//! Link ends as bytes.
ghost use Rattle.std.specs.Prelude.{ℕ, ◌≡◌, ◌++◌, ◌+◌, Bool, List, OnOk, if◌then◌else◌};
ghost use Rattle.xs_base.specs.declared.numbers.TheConstants.{WINDOW_TOKENS};
ghost use Rattle.byte_forms.specs.Forms.{flag, word, where_is};
ghost use Rattle.byte_forms.specs.Reading.{Gives};
ghost use Rattle.switch_forms.specs.Ends.{is_there, may_have_sent, is_last, link_end, link_ends};

use byte_forms::{Fault, Reader, write_byte, write_flag, write_option_word};
use link_ends::EndState;
use state_forms::{read_buffer, write_buffer};
use std::alloc::AllocError;
use xs_base::Text;
use xs_base::numbers::WINDOW_TOKENS;

/// Reads the link ends of a node, of which the plan has these, in a snapshot of this slot. A fault is at the first field that is wrong.
pub fn read_link_ends(
    from: &mut Reader,
    there: &[bool; 8],
    slot: u32,
    ends: &mut [EndState; 8],
) -> Result<(), Fault>
    ensures value { Gives (link_ends there.now slot) (λ _. ends.new) from.old result from.new }
{
    for end in 0..ends.len() {
        ends[end] = read_link_end(from, there[end], slot)?;
    }
    Ok(())
}

/// Writes the link ends of a node. The error is want of memory.
pub fn write_link_ends(out: &mut Text, ends: &[EndState]) -> Result<(), AllocError>
    ensures value { OnOk result ((there : List Bool) (slot : ℕ) → out.new ≡ out.old ++ (link_ends there slot).write ends.now) }
{
    for end in ends {
        write_link_end(out, end)?;
    }
    Ok(())
}

// Reads a link end, which the plan has or not.
#[tactic(auto, unfolding(crate::specs::Ends::link_end))]
fn read_link_end(from: &mut Reader, there: bool, slot: u32) -> Result<EndState, Fault>
    ensures value { Gives (link_end there slot) (λ e. e) from.old result from.new }
{
    let present = read_present(from, there)?;
    let buffer = read_buffer(from, there)?;
    let window = from.read_byte_below(window_limit(there))?;
    let sent = read_sent(from, there, window)?;
    let last = read_last(from, slot, sent)?;
    Ok(EndState {
        present,
        buffer,
        window,
        last: if sent { Some(last) } else { None },
    })
}

// Writes a link end.
#[tactic(auto, unfolding(crate::specs::Ends::link_end))]
fn write_link_end(out: &mut Text, end: &EndState) -> Result<(), AllocError>
    ensures value { OnOk result ((there : Bool) (slot : ℕ) → out.new ≡ out.old ++ (link_end there slot).write end.now) }
{
    write_flag(out, end.present)?;
    write_buffer(out, &end.buffer)?;
    write_byte(out, end.window)?;
    write_option_word(out, end.last)
}

fn read_present(from: &mut Reader, there: bool) -> Result<bool, Fault>
    ensures value { Gives (where_is flag (is_there there)) (λ p. p) from.old result from.new }
{
    let left = from.left();
    let present = from.read_flag()?;
    if is_there(there, present) {
        Ok(present)
    } else {
        Err(Fault::Wrong(left))
    }
}

fn read_sent(from: &mut Reader, there: bool, window: u8) -> Result<bool, Fault>
    ensures value { Gives (where_is flag (may_have_sent there window)) (λ s. s) from.old result from.new }
{
    let left = from.left();
    let sent = from.read_flag()?;
    if may_have_sent(there, window, sent) {
        Ok(sent)
    } else {
        Err(Fault::Wrong(left))
    }
}

fn read_last(from: &mut Reader, slot: u32, sent: bool) -> Result<u32, Fault>
    ensures value { Gives (where_is word (is_last slot sent)) (λ n. n) from.old result from.new }
{
    let left = from.left();
    let last = from.read_word()?;
    if is_last(slot, sent, last) {
        Ok(last)
    } else {
        Err(Fault::Wrong(left))
    }
}

fn is_there(there: bool, present: bool) -> bool
    ensures { result ≡ is_there there present }
{
    if there { present } else { !present }
}

fn may_have_sent(there: bool, window: u8, sent: bool) -> bool
    ensures { result ≡ may_have_sent there window sent }
{
    if sent { there } else { window == 0 }
}

fn is_last(slot: u32, sent: bool, last: u32) -> bool
    ensures { result ≡ is_last slot sent last }
{
    if sent { last < slot } else { last == 0 }
}

// What the window of a link end has to be below.
fn window_limit(there: bool) -> u8
    ensures { result ≡ (if there then WINDOW_TOKENS + 1 else 1) }
{
    if there { WINDOW_TOKENS as u8 + 1 } else { 1 }
}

· · · · · · ·

TASK TO COMPLETE – In the records above, find every line containing the word "Reader" and show it.

SOLUTION TO THE EXERCISE –
use byte_forms::{Fault, Reader, write_byte, write_flag, write_option_word};
    from: &mut Reader,
fn read_link_end(from: &mut Reader, there: bool, slot: u32) -> Result<EndState, Fault>
fn read_present(from: &mut Reader, there: bool) -> Result<bool, Fault>
fn read_sent(from: &mut Reader, there: bool, window: u8) -> Result<bool, Fault>
fn read_last(from: &mut Reader, slot: u32, sent: bool) -> Result<u32, Fault>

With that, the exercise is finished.